Records for this task:
=== Section Start ===

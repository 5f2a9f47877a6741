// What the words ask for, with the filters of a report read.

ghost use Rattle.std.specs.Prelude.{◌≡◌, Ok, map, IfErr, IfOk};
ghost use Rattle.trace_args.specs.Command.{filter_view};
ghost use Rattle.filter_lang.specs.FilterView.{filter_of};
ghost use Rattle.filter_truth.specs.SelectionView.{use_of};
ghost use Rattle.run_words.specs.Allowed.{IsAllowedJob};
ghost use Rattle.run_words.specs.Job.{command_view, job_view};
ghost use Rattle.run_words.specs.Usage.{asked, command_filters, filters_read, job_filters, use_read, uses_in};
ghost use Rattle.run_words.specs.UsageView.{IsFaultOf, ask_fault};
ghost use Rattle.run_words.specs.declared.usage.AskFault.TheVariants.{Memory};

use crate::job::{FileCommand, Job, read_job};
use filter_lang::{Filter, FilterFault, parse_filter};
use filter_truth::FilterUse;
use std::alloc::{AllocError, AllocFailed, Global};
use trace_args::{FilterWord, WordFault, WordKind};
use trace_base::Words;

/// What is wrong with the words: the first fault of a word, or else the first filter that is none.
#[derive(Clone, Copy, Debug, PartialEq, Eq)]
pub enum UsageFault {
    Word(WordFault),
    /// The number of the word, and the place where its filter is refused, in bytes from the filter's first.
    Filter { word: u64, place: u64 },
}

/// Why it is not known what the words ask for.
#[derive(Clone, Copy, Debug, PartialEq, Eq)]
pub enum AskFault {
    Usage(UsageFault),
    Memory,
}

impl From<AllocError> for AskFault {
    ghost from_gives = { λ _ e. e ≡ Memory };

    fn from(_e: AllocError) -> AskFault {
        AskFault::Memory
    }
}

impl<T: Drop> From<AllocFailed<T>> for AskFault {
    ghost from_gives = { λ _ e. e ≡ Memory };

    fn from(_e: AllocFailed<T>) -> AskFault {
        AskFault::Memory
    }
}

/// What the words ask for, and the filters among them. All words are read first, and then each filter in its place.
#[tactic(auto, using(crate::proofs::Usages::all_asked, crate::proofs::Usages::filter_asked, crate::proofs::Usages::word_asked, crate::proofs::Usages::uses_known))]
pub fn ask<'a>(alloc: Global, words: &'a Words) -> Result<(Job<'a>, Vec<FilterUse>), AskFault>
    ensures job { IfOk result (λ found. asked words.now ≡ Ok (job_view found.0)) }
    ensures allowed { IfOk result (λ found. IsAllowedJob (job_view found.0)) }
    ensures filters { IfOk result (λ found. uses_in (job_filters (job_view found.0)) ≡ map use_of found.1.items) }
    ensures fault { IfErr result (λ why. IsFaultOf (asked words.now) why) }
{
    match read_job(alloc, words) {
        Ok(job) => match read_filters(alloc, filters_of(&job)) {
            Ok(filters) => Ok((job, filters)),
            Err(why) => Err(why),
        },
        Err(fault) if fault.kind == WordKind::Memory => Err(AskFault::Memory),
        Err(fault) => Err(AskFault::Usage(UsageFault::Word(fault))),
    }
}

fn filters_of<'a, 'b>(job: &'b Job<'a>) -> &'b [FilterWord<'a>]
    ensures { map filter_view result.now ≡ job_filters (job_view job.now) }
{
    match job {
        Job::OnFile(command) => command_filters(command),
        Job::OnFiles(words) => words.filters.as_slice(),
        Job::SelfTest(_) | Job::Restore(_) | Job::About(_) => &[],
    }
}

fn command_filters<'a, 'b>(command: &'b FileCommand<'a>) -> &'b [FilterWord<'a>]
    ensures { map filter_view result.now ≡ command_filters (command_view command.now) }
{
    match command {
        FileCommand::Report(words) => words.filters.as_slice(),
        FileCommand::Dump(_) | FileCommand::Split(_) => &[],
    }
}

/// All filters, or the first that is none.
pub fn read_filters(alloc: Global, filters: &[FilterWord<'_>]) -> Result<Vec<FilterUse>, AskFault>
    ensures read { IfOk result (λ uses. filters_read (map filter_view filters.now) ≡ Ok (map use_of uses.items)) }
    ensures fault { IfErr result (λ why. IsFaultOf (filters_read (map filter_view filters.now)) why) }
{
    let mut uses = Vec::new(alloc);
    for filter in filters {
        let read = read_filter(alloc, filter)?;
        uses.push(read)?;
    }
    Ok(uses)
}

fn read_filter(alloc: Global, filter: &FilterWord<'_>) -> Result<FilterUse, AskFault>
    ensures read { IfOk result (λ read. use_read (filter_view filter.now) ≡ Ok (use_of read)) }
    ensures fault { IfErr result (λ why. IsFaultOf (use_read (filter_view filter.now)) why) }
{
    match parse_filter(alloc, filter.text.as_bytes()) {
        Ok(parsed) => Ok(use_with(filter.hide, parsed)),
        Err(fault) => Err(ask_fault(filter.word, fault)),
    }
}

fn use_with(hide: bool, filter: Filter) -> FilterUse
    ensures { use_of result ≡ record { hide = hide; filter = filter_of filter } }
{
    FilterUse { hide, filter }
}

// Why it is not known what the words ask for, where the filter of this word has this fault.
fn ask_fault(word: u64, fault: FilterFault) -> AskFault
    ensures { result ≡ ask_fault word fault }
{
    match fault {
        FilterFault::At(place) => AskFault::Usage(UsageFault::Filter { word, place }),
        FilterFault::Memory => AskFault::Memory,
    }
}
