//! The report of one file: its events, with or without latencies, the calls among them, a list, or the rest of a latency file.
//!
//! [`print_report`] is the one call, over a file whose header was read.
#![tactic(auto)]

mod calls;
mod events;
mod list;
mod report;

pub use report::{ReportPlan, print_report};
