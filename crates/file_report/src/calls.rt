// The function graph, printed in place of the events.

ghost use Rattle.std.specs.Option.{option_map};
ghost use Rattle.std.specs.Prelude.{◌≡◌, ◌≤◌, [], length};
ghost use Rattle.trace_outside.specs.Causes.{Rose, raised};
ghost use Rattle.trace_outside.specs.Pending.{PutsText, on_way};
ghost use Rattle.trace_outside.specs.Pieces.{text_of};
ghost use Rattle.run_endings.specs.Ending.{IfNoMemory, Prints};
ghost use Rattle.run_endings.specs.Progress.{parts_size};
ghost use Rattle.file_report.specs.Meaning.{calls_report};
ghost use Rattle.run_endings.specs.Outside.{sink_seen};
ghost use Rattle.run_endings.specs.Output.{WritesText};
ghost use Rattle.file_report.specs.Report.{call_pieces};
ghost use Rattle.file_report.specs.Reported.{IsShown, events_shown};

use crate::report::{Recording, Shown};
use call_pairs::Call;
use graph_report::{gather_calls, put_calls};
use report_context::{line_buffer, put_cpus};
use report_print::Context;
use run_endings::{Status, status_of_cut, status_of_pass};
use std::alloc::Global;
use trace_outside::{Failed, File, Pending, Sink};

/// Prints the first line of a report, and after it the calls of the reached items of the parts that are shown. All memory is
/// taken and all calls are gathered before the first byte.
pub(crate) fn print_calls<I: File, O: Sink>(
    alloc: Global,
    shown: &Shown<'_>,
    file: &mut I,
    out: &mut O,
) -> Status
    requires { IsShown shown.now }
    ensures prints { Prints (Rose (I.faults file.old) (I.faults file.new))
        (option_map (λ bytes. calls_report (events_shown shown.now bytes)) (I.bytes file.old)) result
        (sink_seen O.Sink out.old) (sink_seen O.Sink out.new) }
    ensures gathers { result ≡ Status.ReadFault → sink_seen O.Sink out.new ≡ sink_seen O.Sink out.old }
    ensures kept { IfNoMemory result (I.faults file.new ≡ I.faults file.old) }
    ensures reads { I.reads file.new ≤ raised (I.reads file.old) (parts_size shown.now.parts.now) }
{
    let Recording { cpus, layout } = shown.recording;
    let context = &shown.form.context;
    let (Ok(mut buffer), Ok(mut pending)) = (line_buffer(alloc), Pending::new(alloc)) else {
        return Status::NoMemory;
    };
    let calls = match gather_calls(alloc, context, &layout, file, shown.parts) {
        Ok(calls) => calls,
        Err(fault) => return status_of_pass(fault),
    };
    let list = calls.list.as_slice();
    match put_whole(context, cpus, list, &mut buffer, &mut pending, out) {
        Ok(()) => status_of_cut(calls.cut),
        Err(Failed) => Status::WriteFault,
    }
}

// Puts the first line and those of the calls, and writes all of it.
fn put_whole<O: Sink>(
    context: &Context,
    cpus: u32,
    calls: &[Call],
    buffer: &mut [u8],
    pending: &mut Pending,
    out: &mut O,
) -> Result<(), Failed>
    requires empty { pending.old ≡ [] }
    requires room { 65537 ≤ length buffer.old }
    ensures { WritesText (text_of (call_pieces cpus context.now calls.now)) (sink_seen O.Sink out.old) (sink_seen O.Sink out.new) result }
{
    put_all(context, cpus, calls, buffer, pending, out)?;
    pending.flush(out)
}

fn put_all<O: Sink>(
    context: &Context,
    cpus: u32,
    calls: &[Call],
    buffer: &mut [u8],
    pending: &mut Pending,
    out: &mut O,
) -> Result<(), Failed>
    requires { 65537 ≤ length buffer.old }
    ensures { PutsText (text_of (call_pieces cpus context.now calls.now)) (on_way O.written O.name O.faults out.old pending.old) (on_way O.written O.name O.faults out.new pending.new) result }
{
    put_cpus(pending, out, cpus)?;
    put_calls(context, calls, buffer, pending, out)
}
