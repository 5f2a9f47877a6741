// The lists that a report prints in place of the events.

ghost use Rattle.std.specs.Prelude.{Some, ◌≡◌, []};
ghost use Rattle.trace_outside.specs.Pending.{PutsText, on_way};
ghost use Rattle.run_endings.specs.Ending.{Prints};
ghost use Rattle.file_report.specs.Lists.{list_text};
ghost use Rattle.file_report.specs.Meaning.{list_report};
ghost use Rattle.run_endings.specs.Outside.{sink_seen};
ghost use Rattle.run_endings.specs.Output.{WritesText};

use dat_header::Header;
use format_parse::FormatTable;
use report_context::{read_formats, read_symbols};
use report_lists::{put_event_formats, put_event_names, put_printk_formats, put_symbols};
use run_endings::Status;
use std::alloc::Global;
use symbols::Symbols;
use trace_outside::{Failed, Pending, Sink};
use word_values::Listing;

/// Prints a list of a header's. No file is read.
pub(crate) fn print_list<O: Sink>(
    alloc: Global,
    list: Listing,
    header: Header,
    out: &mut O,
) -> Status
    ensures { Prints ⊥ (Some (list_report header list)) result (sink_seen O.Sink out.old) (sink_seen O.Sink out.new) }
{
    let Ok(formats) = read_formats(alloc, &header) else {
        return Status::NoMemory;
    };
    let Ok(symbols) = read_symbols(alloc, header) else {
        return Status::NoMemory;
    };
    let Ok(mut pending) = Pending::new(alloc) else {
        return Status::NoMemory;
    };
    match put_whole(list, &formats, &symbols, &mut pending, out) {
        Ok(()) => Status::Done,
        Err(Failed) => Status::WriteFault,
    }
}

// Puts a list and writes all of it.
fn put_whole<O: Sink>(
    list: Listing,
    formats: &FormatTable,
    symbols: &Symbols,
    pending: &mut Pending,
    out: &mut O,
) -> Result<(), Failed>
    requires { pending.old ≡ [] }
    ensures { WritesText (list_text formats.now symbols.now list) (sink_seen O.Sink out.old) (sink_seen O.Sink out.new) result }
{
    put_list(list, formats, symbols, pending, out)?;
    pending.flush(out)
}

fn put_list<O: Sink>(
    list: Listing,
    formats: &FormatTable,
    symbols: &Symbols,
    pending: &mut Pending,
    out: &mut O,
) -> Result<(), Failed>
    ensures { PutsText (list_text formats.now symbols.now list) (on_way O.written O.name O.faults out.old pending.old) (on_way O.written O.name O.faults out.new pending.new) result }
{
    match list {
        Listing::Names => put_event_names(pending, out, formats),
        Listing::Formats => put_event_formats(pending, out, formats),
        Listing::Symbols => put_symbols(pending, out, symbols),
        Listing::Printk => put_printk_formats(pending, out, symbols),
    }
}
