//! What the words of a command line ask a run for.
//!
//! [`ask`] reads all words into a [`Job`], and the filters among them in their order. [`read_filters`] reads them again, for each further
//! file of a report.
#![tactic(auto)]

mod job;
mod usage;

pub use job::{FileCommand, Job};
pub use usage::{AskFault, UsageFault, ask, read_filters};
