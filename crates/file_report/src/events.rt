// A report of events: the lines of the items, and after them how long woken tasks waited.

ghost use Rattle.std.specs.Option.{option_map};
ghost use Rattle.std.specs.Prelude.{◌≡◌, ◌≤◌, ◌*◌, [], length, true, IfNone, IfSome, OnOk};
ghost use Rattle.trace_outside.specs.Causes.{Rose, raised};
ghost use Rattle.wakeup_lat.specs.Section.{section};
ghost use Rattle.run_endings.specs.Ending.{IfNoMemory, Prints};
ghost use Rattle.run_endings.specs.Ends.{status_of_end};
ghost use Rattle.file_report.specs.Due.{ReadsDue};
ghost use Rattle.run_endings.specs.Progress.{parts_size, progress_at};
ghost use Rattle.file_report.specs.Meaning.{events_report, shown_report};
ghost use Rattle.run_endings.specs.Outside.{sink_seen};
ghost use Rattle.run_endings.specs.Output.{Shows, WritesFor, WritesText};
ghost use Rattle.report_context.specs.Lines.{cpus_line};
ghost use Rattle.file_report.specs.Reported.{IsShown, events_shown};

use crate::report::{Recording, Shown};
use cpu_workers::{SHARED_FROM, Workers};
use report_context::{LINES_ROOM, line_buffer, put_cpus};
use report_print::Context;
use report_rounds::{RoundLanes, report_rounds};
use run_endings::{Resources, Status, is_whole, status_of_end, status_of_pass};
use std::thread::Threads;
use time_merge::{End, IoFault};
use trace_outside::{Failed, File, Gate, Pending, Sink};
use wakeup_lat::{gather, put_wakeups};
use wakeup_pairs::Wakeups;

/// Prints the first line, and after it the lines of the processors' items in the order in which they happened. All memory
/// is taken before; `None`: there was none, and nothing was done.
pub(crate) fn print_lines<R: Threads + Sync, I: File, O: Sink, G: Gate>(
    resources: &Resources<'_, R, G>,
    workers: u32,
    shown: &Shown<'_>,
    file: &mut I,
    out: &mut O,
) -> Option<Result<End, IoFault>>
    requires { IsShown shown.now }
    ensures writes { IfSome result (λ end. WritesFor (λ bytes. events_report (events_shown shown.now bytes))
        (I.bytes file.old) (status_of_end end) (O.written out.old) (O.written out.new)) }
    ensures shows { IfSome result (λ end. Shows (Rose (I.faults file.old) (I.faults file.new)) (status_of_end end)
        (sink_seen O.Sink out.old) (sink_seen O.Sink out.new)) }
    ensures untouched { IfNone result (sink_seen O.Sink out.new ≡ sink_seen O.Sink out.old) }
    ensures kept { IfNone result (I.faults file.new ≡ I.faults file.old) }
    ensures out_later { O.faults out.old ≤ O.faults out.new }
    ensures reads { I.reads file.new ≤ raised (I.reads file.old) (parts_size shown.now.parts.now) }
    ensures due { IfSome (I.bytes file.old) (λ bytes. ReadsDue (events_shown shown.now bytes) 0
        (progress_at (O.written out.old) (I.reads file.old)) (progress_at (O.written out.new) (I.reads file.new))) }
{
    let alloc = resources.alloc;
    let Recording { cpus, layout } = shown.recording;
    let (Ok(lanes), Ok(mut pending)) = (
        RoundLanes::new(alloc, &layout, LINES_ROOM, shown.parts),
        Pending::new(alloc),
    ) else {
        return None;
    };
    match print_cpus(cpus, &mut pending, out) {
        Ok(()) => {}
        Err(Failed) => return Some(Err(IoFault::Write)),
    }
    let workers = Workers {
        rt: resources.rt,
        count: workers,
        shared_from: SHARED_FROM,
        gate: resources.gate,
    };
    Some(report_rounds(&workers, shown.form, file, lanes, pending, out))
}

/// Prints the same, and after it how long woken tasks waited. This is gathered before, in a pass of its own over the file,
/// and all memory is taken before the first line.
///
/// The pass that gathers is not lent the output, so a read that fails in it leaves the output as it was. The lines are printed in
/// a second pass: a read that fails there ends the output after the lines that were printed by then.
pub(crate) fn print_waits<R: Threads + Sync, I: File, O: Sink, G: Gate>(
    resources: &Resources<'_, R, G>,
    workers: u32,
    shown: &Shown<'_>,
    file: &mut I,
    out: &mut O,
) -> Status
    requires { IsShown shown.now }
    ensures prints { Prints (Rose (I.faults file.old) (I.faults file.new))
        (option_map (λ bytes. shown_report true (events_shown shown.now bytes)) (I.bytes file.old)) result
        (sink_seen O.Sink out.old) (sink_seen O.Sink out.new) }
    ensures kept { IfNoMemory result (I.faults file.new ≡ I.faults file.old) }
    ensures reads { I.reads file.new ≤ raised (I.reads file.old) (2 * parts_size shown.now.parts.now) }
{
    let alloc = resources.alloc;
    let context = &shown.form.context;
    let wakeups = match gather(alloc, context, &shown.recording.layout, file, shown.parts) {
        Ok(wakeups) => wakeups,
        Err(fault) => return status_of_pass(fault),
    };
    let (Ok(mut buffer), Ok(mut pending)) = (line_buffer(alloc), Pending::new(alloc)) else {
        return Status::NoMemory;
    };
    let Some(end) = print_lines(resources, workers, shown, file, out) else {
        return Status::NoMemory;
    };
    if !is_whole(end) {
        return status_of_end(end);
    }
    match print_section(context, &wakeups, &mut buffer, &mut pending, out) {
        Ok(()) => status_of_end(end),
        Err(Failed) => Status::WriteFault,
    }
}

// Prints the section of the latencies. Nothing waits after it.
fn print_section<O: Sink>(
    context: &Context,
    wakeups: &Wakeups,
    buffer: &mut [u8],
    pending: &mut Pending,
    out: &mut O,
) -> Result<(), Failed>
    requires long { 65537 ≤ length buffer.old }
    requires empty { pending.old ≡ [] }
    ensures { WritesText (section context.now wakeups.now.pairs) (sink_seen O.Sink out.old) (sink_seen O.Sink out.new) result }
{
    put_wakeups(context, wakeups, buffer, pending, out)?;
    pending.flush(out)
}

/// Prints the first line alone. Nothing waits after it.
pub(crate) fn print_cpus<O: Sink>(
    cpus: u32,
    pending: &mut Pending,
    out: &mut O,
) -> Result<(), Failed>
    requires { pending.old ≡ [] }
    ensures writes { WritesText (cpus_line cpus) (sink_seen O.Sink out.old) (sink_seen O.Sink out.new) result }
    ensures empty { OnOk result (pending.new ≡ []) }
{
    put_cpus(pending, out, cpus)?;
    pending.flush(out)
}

=== Section End ===

Assignment: Exact duplication is required for the lines above, from the line that contains "for filter in" to the line that contains "use call_pairs::Call;", inclusive; omit all others.

The completed task:
    for filter in filters {
        let read = read_filter(alloc, filter)?;
        uses.push(read)?;
    }
    Ok(uses)
}

fn read_filter(alloc: Global, filter: &FilterWord<'_>) -> Result<FilterUse, AskFault>
    ensures read { IfOk result (λ read. use_read (filter_view filter.now) ≡ Ok (use_of read)) }
    ensures fault { IfErr result (λ why. IsFaultOf (use_read (filter_view filter.now)) why) }
{
    match parse_filter(alloc, filter.text.as_bytes()) {
        Ok(parsed) => Ok(use_with(filter.hide, parsed)),
        Err(fault) => Err(ask_fault(filter.word, fault)),
    }
}

fn use_with(hide: bool, filter: Filter) -> FilterUse
    ensures { use_of result ≡ record { hide = hide; filter = filter_of filter } }
{
    FilterUse { hide, filter }
}

// Why it is not known what the words ask for, where the filter of this word has this fault.
fn ask_fault(word: u64, fault: FilterFault) -> AskFault
    ensures { result ≡ ask_fault word fault }
{
    match fault {
        FilterFault::At(place) => AskFault::Usage(UsageFault::Filter { word, place }),
        FilterFault::Memory => AskFault::Memory,
    }
}
//! The report of one file: its events, with or without latencies, the calls among them, a list, or the rest of a latency file.
//!
//! [`print_report`] is the one call, over a file whose header was read.
#![tactic(auto)]

mod calls;
mod events;
mod list;
mod report;

pub use report::{ReportPlan, print_report};
filename crates/file_report/src/calls.rt
// The function graph, printed in place of the events.

ghost use Rattle.std.specs.Option.{option_map};
ghost use Rattle.std.specs.Prelude.{◌≡◌, ◌≤◌, [], length};
ghost use Rattle.trace_outside.specs.Causes.{Rose, raised};
ghost use Rattle.trace_outside.specs.Pending.{PutsText, on_way};
ghost use Rattle.trace_outside.specs.Pieces.{text_of};
ghost use Rattle.run_endings.specs.Ending.{IfNoMemory, Prints};
ghost use Rattle.run_endings.specs.Progress.{parts_size};
ghost use Rattle.file_report.specs.Meaning.{calls_report};
ghost use Rattle.run_endings.specs.Outside.{sink_seen};
ghost use Rattle.run_endings.specs.Output.{WritesText};
ghost use Rattle.file_report.specs.Report.{call_pieces};
ghost use Rattle.file_report.specs.Reported.{IsShown, events_shown};

use crate::report::{Recording, Shown};
use call_pairs::Call;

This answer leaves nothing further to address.